Abstract

Chile is considering expanding its system for early childhood development to include 5- to 7-year olds, but it has no consensus about how to identify at-risk children. This study facilitated a process for incorporating local priorities and best practices to choose a child assessment instrument. Using the priority-setting method of the Child Health and Nutrition Research Initiative (CHNRI), 21 Chilean experts defined and weighted ideal assessment instrument characteristics; 130 instruments were scored according to how closely they matched experts' ideal definitions. Instruments were ranked by score under different inclusion criteria. Experts weighted instrument quality highest (95 on 1-100 scale), followed by administration site (87), domains assessed (82), cost (80), administrator (76), Spanish version (75), time (75), and prior use in Chile (53).
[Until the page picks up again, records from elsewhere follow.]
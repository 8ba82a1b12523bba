// Declaration specifiers (C11 6.7, 6.7.2).

ghost use Rattle.std.specs.Prelude.{◌≡◌, ◌≤◌, length, IfOk, MatchResult};
ghost use Rattle.mv_check_expressions.specs.Judged.{IsJudged, Good};
ghost use Rattle.mv_check_expressions.specs.declared.error.RuleError.TheVariants.{Memory};
ghost use Rattle.mv_check_expressions.specs.TypeNames.{undeclared_enum, type_of};
ghost use Rattle.mv_check_declarations.specs.Turns.{IsBehind};
ghost use Rattle.mv_check_declarations.specs.Specifiers.{named_enumeration, tagged, enumeration_of, is_before, count_before, count_before_list, enum_specifier, enum_specifiers, scalar_kind, kind_of, at_file, type_by_rules, specifiers};

use crate::attributes::{Attribute, Holder, Position, attributes, holder_of_all};
use crate::enumerated::enumerated;
use crate::enumerators::enumerators;
use mv_ast::program::CType;
use mv_check_expressions::error::RuleError;
use mv_check_expressions::rules;
use mv_check_expressions::type_names::type_of;
use mv_check_scope::enumerated::EnumeratedType;
use mv_check_scope::meaning::Meaning;
use mv_check_scope::scope::Scope;
use mv_num::kind::Kind;
use mv_num::list::List;
use mv_num::text::Text;
use mv_syntax::place::Place;
use mv_syntax::unit::{Declarator, EnumSpec, Mark, Member, Specs};
use std::alloc::Global;

/// An enumeration: its number among those of the scope, and whether its tag was declared in the same scope before.
#[derive(Clone, Copy, PartialEq, Eq, Debug)]
pub struct Enumeration {
    pub number: Option<u32>,
    pub again: bool,
}

/// What some enums and the attributes before them say: how many attributes stood before them, the attribute that holds, the number of
/// the last enumeration, whether a tag is declared again, and whether an enum names one that isn't declared before it.
#[derive(Drop)]
pub struct Said {
    pub used: usize,
    pub attribute: Option<Attribute>,
    pub number: Option<u32>,
    pub again: bool,
    pub undeclared: bool,
}

/// What specifiers say of the declarators behind them: the type, whether `const` stands among them, the number of the enumeration that
/// the type is, and an attribute.
#[derive(Drop)]
pub struct Specified {
    pub ctype: CType,
    pub fixed: bool,
    pub enumeration: Option<u32>,
    pub attribute: Option<Attribute>,
}

fn named_enumeration(scope: &Scope, tag: &Option<Text>) -> Option<u32>
    ensures { result ≡ named_enumeration scope.now tag.now }
{
    match tag {
        None => None,
        Some(tag) => match scope.tag_of(tag.bytes()) {
            Some(Meaning::Tag(number)) => Some(number),
            _ => None,
        },
    }
}

// Declares an enumeration. There is no memory for a 2^32nd.
#[tactic(auto, unfolding(crate::specs::Specifiers::tagged))]
fn declare_enumeration(
    alloc: Global,
    scope: &mut Scope,
    tag: &Option<Text>,
    enumerated: EnumeratedType,
) -> Result<Enumeration, RuleError>
    ensures { IsBehind (Good (tagged tag.now scope.old enumerated)) result scope.new }
{
    let count = scope.enumerations.len();
    if count > 0xFFFF_FFFF {
        return Err(RuleError::Memory);
    }
    let number = Some(count as u32);
    match tag {
        None => {
            scope.enumerations.push(enumerated)?;
            Ok(Enumeration {
                number,
                again: false,
            })
        }
        Some(tag) => {
            if scope.tags.find_here(tag.bytes()).is_some() {
                return Ok(Enumeration {
                    number: None,
                    again: true,
                });
            }
            scope.enumerations.push(enumerated)?;
            scope.declare_tag(alloc, tag.bytes(), Meaning::Tag(count as u32))?;
            Ok(Enumeration {
                number,
                again: false,
            })
        }
    }
}

fn enumeration_of(
    alloc: Global,
    scope: &mut Scope,
    tag: &Option<Text>,
    members: &Option<List<Member>>,
) -> Result<Enumeration, RuleError>
    ensures { IsBehind (enumeration_of scope.old tag.now members.now) result scope.new }
{
    match members {
        None => Ok(Enumeration {
            number: named_enumeration(scope, tag),
            again: false,
        }),
        Some(members) => {
            let values = enumerators(alloc, scope, members.as_slice())?;
            let enumerated = enumerated(alloc, values)?;
            declare_enumeration(alloc, scope, tag, enumerated)
        }
    }
}

fn is_before(p: Place, q: Place) -> bool
    ensures { result ≡ is_before p q }
{
    p.line < q.line || (p.line == q.line && p.column < q.column)
}

fn count_before(place: Place, marks: &[Mark]) -> usize
    ensures count { result ≡ count_before place marks.now }
    ensures bound { result ≤ length marks.now }
{
    let mut count = 0;
    for mark in marks {
        if !is_before(mark.place, place) {
            return count;
        }
        count += 1;
    }
    count
}

fn count_before_list(members: &Option<List<Member>>, marks: &[Mark]) -> usize
    ensures count { result ≡ count_before_list members.now marks.now }
    ensures bound { result ≤ length marks.now }
{
    match members {
        None => 0,
        Some(members) => match members.as_slice() {
            [] => 0,
            [first, ..] => count_before(first.place, marks),
        },
    }
}

// An enum behind what was said before it, and the attributes before its list.
fn enum_specifier(
    alloc: Global,
    scope: &mut Scope,
    holder: Holder,
    kind: Option<Kind>,
    marks: &[Mark],
    tag: &EnumSpec,
    said: Said,
) -> Result<Said, RuleError>
    requires { said.used ≤ length marks.now }
    ensures behind { IsBehind (enum_specifier holder kind marks.now tag.now (scope.old, said)) result scope.new }
    ensures used { IfOk result (λ next. next.used ≤ length marks.now) }
{
    let Said {
        used,
        attribute,
        number: _,
        again,
        undeclared,
    } = said;
    let undeclared = undeclared || is_undeclared(scope, tag);
    let rest = &marks[used..];
    let count = count_before_list(&tag.members, rest);
    let attribute = attributes(alloc, holder, kind, scope, &rest[..count], attribute)?;
    let enumeration = enumeration_of(alloc, scope, &tag.tag, &tag.members)?;
    Ok(Said {
        used: used + count,
        attribute,
        number: enumeration.number,
        again: again || enumeration.again,
        undeclared,
    })
}

fn enum_specifiers(
    alloc: Global,
    scope: &mut Scope,
    holder: Holder,
    kind: Option<Kind>,
    marks: &[Mark],
    tags: &[EnumSpec],
) -> Result<Said, RuleError>
    ensures behind { IsBehind (enum_specifiers holder kind marks.now tags.now scope.old) result scope.new }
    ensures used { IfOk result (λ said. said.used ≤ length marks.now) }
{
    let mut said = Said {
        used: 0,
        attribute: None,
        number: None,
        again: false,
        undeclared: false,
    };
    for tag in tags {
        said = enum_specifier(alloc, scope, holder, kind, marks, tag, said)?;
    }
    Ok(said)
}

/// The integer type that a type is, if it is one.
pub fn scalar_kind(ctype: CType) -> Option<Kind>
    ensures { result ≡ scalar_kind ctype }
{
    match ctype {
        CType::Scalar(kind) => Some(kind),
        CType::Void | CType::Pointer(_) => None,
    }
}

fn kind_of(scope: &Scope, specs: &Specs) -> Result<Option<Kind>, RuleError>
    ensures { MatchResult result (λ kind. kind ≡ kind_of (type_of scope.now specs.now)) (λ e. e ≡ Memory) }
{
    match type_of(scope, specs) {
        Ok(ctype) => Ok(scalar_kind(ctype)),
        Err(RuleError::Rule(_, _)) => Ok(None),
        Err(RuleError::Memory) => Err(RuleError::Memory),
    }
}

fn is_undeclared(scope: &Scope, tag: &EnumSpec) -> bool
    ensures { result ≡ undeclared_enum scope.now tag.now }
{
    match &tag.tag {
        None => false,
        Some(name) => tag.members.is_none() && scope.tag_of(name.bytes()).is_none(),
    }
}

fn at_file(position: Position) -> bool
    ensures { result ≡ at_file position }
{
    matches!(position, Position::File)
}

#[tactic(auto, unfolding(crate::specs::Specifiers::type_by_rules))]
fn type_by_rules(
    position: Position,
    undeclared: bool,
    again: bool,
    specs: &Specs,
    scope: &Scope,
) -> Result<CType, RuleError>
    ensures { IsJudged (type_by_rules position undeclared again specs.now scope.now) result }
{
    if undeclared {
        return Err(RuleError::Rule(specs.place, rules::NAMES));
    }
    if again {
        return Err(RuleError::Rule(specs.place, rules::REDECLARATIONS));
    }
    if specs.hidden && !at_file(position) {
        return Err(RuleError::Rule(specs.place, rules::DECLARATIONS));
    }
    type_of(scope, specs)
}

/// What specifiers say of the declarators behind them. Their enums are declared.
pub fn specifiers(
    alloc: Global,
    scope: &mut Scope,
    position: Position,
    names: &[Declarator],
    specs: &Specs,
) -> Result<Specified, RuleError>
    ensures { IsBehind (specifiers position names.now specs.now scope.old) result scope.new }
{
    let holder = holder_of_all(position, specs.fixed, names);
    let kind = kind_of(scope, specs)?;
    let marks = specs.marks.as_slice();
    let said = enum_specifiers(alloc, scope, holder, kind, marks, specs.tags.as_slice())?;
    let Said {
        used,
        attribute,
        number,
        again,
        undeclared,
    } = said;
    let attribute = attributes(alloc, holder, kind, scope, &marks[used..], attribute)?;
    let ctype = type_by_rules(position, undeclared, again, specs, scope)?;
    Ok(Specified {
        ctype,
        fixed: specs.fixed,
        enumeration: number,
        attribute,
    })
}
Experts agreed that an ideal instrument (1) would reliably assess language, socioemotional well-being, mental health, and parenting abilities, (2) could be administered at schools or home, and (3) could be administered by teachers or parents. No single instrument matched all Chilean priorities. Three instruments met 11 of 13 priorities (age; quality; administration at school, home, or waiting rooms; assess language and socioemotional domains; administered by teachers, parents, or psychologists; time ≤30 minutes). Including mental health or parenting abilities ranked instruments whose composite scores were 35% lower. Decisions about how to assess children at developmental risk should be informed by local context. The CHNRI method provided a useful process that made explicit mutually exclusive priorities, quantified trade-offs of different assessment strategies, and identified 3 of the instruments that best met local needs and priorities.